**Problem to work on**
Scan the lines below for the string "left" and copy every one that has it.

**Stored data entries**
-------
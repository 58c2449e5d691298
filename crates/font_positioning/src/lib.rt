//! The subtables of positions from their bytes (OpenType, GPOS lookup types 1 to 6; contexts have a crate of their own).
//! Each reader answers none for a subtable of an unknown format, which is left out. Devices are passed over.
#![tactic(auto)]

mod anchors;
mod classes;
pub mod cursive;
pub mod marks;
pub mod pair;
mod pair_sets;
pub mod single;
mod values;

pub use cursive::read_cursive_pos;
pub use marks::{read_mark_base_pos, read_mark_lig_pos};
pub use pair::read_pair_pos;
pub use single::read_single_pos;
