// Runs the workers on a shared core, and returns the core and the spans of their entries once they have ended and the
// run is over.
fn share<K: RunBrand + Send + Sync, R: Threads + Wait + Sync, G: Gate + Sync>(
    rt: &R,
    alloc: Global,
    core: Core,
    ahead: PrivateImage<'_>,
    workers: u32,
    gate: &G,
) -> Result<(Core, Vec<Vec<EntrySpan>>), CrewFault>
    requires begun { IsAtOpening K.opening core.core }
    requires image { ahead ≡ K.opening.program }
    requires workers { workers ≡ K.workers }
    requires some { 1 ≤ workers }
    ensures left { IfOk result (λ left. HasLeftLists K.opening K.workers left.0 left.1.items) }
    ensures many { IfOk result (λ left. vec_len left.1 ≡ K.workers) }
{
    let Ok(lists) = blank_lists(alloc, workers) else {
        return Err(CrewFault::NoMemory);
    };
    let Ok(seats) = WorkerNumber::all(alloc, workers) else {
        return Err(CrewFault::NoMemory);
    };
    let floor: WorkerPool<K> = WorkerPool::new(SharedCore::new(core, lists));
    let known: RunImage<'_, K> = RunImage::new(ahead);
    ended(work_all(rt, alloc, &floor, &known, seats, gate))?;
    finish(rt, alloc, floor.into_inner(), &known, gate)
}

// Why one of the workers couldn't be started, or `NoMemory` where memory was refused to one.
fn ended(crew: WorkerOutcomes) -> Result<(), CrewFault>
    ensures { result ≡ end_of crew.started crew.outcomes.items }
{
    let WorkerOutcomes { outcomes, started } = crew;
    started?;
    if are_ok(&outcomes) {
        Ok(())
    } else {
        Err(CrewFault::NoMemory)
    }
}

// Whether no worker was refused memory.
fn are_ok(outcomes: &[Result<(), AllocError>]) -> bool
    ensures { result ≡ list_all is_ok outcomes.now }
{
    outcomes.iter().all(|outcome| outcome.is_ok())
}

// The core and the spans of the entries, after all workers have ended and the run is over. A worker ends only after
// it has seen under the lock that the run is over. But the lock's contents alone don't say so. Therefore the calling
// thread checks it, and would go on as worker 1.
fn finish<K: RunBrand, R: Wait, G: Gate>(
    rt: &R,
    alloc: Global,
    left: SharedCore<K>,
    known: &RunImage<'_, K>,
    gate: &G,
) -> Result<(Core, Vec<Vec<EntrySpan>>), CrewFault>
    requires { 1 ≤ K.workers }
    ensures left { IfOk result (λ left. HasLeftLists K.opening K.workers left.0 left.1.items) }
    ensures many { IfOk result (λ left. vec_len left.1 ≡ K.workers) }
{
    let mut left = left;
    for _ in rt.forever() {
        if left.is_over() {
            return Ok(left.into_parts());
        }
        let floor = WorkerPool::new(left);
        let seat = WorkerNumber::new(1);
        floor.work(rt, alloc, Worker { known, gate, seat })?;
        left = floor.into_inner();
    }
    unreachable!()
}

// Starts the workers and waits until they have ended.
fn work_all<K: RunBrand + Send + Sync, R: Threads + Wait + Sync, G: Gate + Sync>(
    rt: &R,
    alloc: Global,
    floor: &WorkerPool<K>,
    known: &RunImage<'_, K>,
    seats: Vec<WorkerNumber<K>>,
    gate: &G,
) -> WorkerOutcomes {
    thread::scope(thread::scope_env(), rt, |scope| {
        tables_cross();
        images_cross();
        cores_cross();
        spans_cross();
        let mut handles = Vec::new(alloc);
        let mut outcomes = Vec::new(alloc);
        let mut started = Ok(());
        for seat in seats {
            if handles.reserve(1).is_err() || outcomes.reserve(1).is_err() {
                started = Err(CrewFault::NoMemory);
                break;
            }
            match scope.spawn(move || floor.work(rt, alloc, Worker { known, gate, seat })) {
                Ok(handle) => handles.push_reserved(handle),
                Err(_) => {
                    started = Err(CrewFault::NoThread);
                    break;
                }
            }
        }
        if started.is_err() {
            floor.end(rt);
        }
        for handle in handles {
            let outcome = handle.join(rt);
            if outcomes.push(outcome).is_err() {
                started = Err(CrewFault::NoMemory);
            }
        }
        WorkerOutcomes { outcomes, started }
    })
}

impl WorkerState {
    fn new(alloc: Global) -> Self {
        WorkerState {
            alloc,
            turn: 1,
            began: 1,
            called: 1,
            ticket: Ticket::blank(alloc),
        }
    }

    // Begins the stint of the worker, which has waited.
    fn begin(&mut self) {
        self.began = self.turn;
        self.called = self.turn;
    }

    // Takes the ticket, and leaves a blank one.
    fn take_ticket(&mut self) -> Ticket {
        replace(&mut self.ticket, Ticket::blank(self.alloc))
    }
}

impl WorkBuffers {
    // Empty buffers for the steps of a worker.
    fn new(alloc: Global) -> Result<WorkBuffers, AllocError> {
        let mut batches = Vec::new(alloc);
        batches.push(Batch::new(alloc)?)?;
        Ok(WorkBuffers {
            batches,
            segment: Segment::new(),
        })
    }

    // Makes the private steps of a ticket, and returns the number of batches: 0 where the steps are a segment. There are
    // more than `ENOUGH_BATCHES` where another worker has the lock meanwhile.
    fn make<K: RunBrand, G: Gate>(
        &mut self,
        pool: &WorkerPool<K>,
        worker: &Worker<'_, '_, K, G>,
        stand: &WorkerState,
    ) -> usize
        ensures { HasMade K.opening.program result self.new.batches.items self.new.segment }
    {
        let WorkBuffers { batches, segment } = self;
        let (gate, ahead, number) = (worker.gate, &worker.known.ahead, worker.seat.number);
        let (turn, ticket) = (stand.turn, &stand.ticket);
        if !gate.batch_into(number, turn, ahead, ticket, &mut batches[0]) {
            gate.segment_into(number, turn, ahead.image(), ticket, segment);
            return 0;
        }
        for made in 1..MOST_BATCHES {
            if pool.is_enough(made) {
                return made;
            }
            if !has_room(stand.alloc, batches, made) {
                return made;
            }
            let (before, rest) = batches.split_at_mut(made);
            let turn = turn.saturating_add(made as u64);
            if !worker.follows(turn, &before[made - 1], &mut rest[0]) {
                return made;
            }
        }
        MOST_BATCHES
    }
}

// Whether there is a buffer after the first `made` ones. Where there is none, it adds one. False where memory was refused.
fn has_room(alloc: Global, batches: &mut Vec<Batch>, made: usize) -> bool
    requires { made ≤ vec_len batches.old }
    ensures room { result ≡ true → made < vec_len batches.new }
    ensures kept { take made batches.new.items ≡ take made batches.old.items }
    ensures long { vec_len batches.old ≤ vec_len batches.new }
{
    if made < batches.len() {
        return true;
    }
    match Batch::new(alloc) {
        Ok(batch) => batches.push(batch).is_ok(),
        Err(_) => false,
    }
}

impl<K: RunBrand, G: Gate> Worker<'_, '_, K, G> {
    // Makes the batch of the worker's turn with this number, which follows another one, where that one is full. False
    // where there is none or it has no step. The commit makes the next step after private ones anyway, where that
    // step isn't private.
    fn follows(&self, turn: u64, before: &Batch, batch: &mut Batch) -> bool
        ensures { result ≡ true → IsBatchOf K.opening.program before.now.id.process batch.new }
    {
        let (number, ahead) = (self.seat.number, &self.known.ahead);
        before.is_full()
            && self.gate.batch_behind(number, turn, ahead, before, batch)
            && 0 < batch.steps()
    }
}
-------
**Solution for this exercise**
//! Each reader answers none for a subtable of an unknown format, which is left out. Devices are passed over.
    ensures left { IfOk result (λ left. HasLeftLists K.opening K.workers left.0 left.1.items) }
    ensures many { IfOk result (λ left. vec_len left.1 ≡ K.workers) }
    left: SharedCore<K>,
    ensures left { IfOk result (λ left. HasLeftLists K.opening K.workers left.0 left.1.items) }
    ensures many { IfOk result (λ left. vec_len left.1 ≡ K.workers) }
    let mut left = left;
        if left.is_over() {
            return Ok(left.into_parts());
        let floor = WorkerPool::new(left);
        left = floor.into_inner();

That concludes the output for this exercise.